**ABOUT THIS TASK:** A line qualifies if it holds the string "rest". Copy every qualifying line from the records.

[Start of section]

//! What is on the disk, as the system itself shows it.
use device_rules::{RunId, SlotPaths};
use std::fs::{self, read_dir};
use std::io::{self, Error, ErrorKind};
use std::os::unix::fs::MetadataExt;
use tree_face::Slot;
use tree_real::FolderDisk;
use trial_devices::{Flushes, Trial};

/// The directory of the image.
pub const ROOT: &str = "image";

/// The numbers of the run.
pub const RUN: RunId = RunId {
    process: 1,
    random: 7,
};

/// The slots.
pub const SLOTS: [Slot; 3] = [Slot::Manifest, Slot::Cache, Slot::Aux];

/// The file of a slot.
pub fn file_of(slot: Slot) -> &'static str {
    match slot {
        Slot::Manifest => "image/image.mtree",
        Slot::Cache => "image/etc/ld.so.cache",
        Slot::Aux => "image/var/cache/ldconfig/aux-cache",
    }
}

/// The directories of the image on the way to a slot's file, from the image's own on.
pub fn dirs_of(slot: Slot) -> &'static [&'static str] {
    match slot {
        Slot::Manifest => &["image"],
        Slot::Cache => &["image", "image/etc"],
        Slot::Aux => &[
            "image",
            "image/var",
            "image/var/cache",
            "image/var/cache/ldconfig",
        ],
    }
}

const DIRS: &[&str] = &["image", "image/etc", "image/var/cache/ldconfig"];

/// Makes the directories of the slots' files.
pub fn make_dirs(rt: &HostRuntime) -> io::Result<()> {
    for dir in DIRS {
        fs::create_dir_all(rt, *dir)?;
    }
    Ok(())
}

/// Makes the image again, without a file.
pub fn make_image(rt: &HostRuntime) -> io::Result<()> {
    let _ = fs::remove_dir_all(rt, ROOT);
    fs::create_dir(rt, ROOT)
}

/// The disk of the image.
pub fn disk_of(trial: &Trial) -> io::Result<FolderDisk<Trial>> {
    FolderDisk::new(trial.clone()?, ROOT, RUN, SlotPaths::usual(), None).map_err(|_| Error::from(
        ErrorKind::OutOfMemory,
    ))
}

/// The bytes of a slot's file, if it can be read.
pub fn content_of(rt: &HostRuntime, slot: Slot) -> Option<Vec<u8>> {
    fs::read(rt, file_of(slot)).ok()
}

// The number of temporary files in a directory.
fn temporaries_in(rt: &HostRuntime, dir: &str) -> u64 {
    let mut count = 0u64;
    if let Ok(names) = read_dir(rt, dir) {
        for name in names {
            if name.is_ok_and(|name| name.file_name().contains(".tmp")) {
                count = count.saturating_add(1);
            }
        }
    }
    count
}

/// The number of temporary files in the image.
pub fn temporaries(rt: &HostRuntime) -> u64 {
    let mut count = 0u64;
    for dir in DIRS {
        count = count.saturating_add(temporaries_in(rt, dir));
    }
    count
}

/// One flush of each of these files that is there.
pub fn flushes_of(rt: &HostRuntime, paths: &[&str]) -> Flushes {
    let mut flushes = Flushes::NONE;
    for path in paths {
        if let Ok(found) = fs::metadata(rt, *path) {
            flushes = flushes.with(found.ino());
        }
    }
    flushes
}
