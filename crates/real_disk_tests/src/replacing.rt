//! Replacing the content of a slot.
use crate::host::{dirs_of, file_of, flushes_of};
use lib_types::Failed;
use std::os::unix::fs::MetadataExt;
use std::{fs, io};
use tree_face::{Disk, Slot, Tag};
use trial_devices::Flushes;

/// A replacement that stops after some of its five calls.
#[derive(Clone, Copy)]
pub struct Job {
    pub tag: Tag,
    pub slot: Slot,
    pub calls: usize,
}

/// The number of calls of a whole replacement.
pub const ALL: usize = 5;

/// The number of calls until the file has the slot's name.
pub const RENAMED: usize = 4;

// The number of calls until the file is flushed.
const FLUSHED: usize = 3;

/// Makes the calls of a replacement by this text. The text is written in two parts.
pub fn replace<D: Disk>(disk: &mut D, job: Job, text: &[u8]) -> Result<(), Failed> {
    let (tag, slot) = (job.tag, job.slot);
    disk.create(tag, slot)?;
    if job.calls > 1 {
        let (first, rest) = text.split_at(text.len() / 2);
        disk.append(tag, slot, first)?;
        disk.append(tag, slot, rest)?;
    }
    if job.calls >= FLUSHED {
        disk.sync(tag, slot)?;
    }
    if job.calls >= RENAMED {
        disk.publish(tag, slot)?;
    }
    if job.calls >= ALL {
        disk.settle(slot)?;
    }
    Ok(())
}

/// The flushes of a replacement: that of the file before it gets its name, and at the end those of the directories on the way to it.
pub fn flushes_after(rt: &HostRuntime, job: Job) -> io::Result<Flushes> {
    if job.calls < FLUSHED {
        return Ok(Flushes::NONE);
    }
    let file = inode_of_file(rt, job)?;
    if job.calls < ALL {
        return Ok(Flushes::NONE.with(file));
    }
    Ok(flushes_of(rt, dirs_of(job.slot)).with(file))
}

// The inode of the file that was written.
fn inode_of_file(rt: &HostRuntime, job: Job) -> io::Result<u64> {
    let (file, tag) = (file_of(job.slot), job.tag.0);
    if job.calls >= RENAMED {
        return Ok(fs::metadata(rt, file)?.ino());
    }
    let path = format!(in rt.alloc(); "{file}.tmp{tag}.1.7")?;
    Ok(fs::metadata(rt, path.as_str())?.ino())
}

[End of section]

**THE ANSWER:**
        let (first, rest) = text.split_at(text.len() / 2);
        disk.append(tag, slot, rest)?;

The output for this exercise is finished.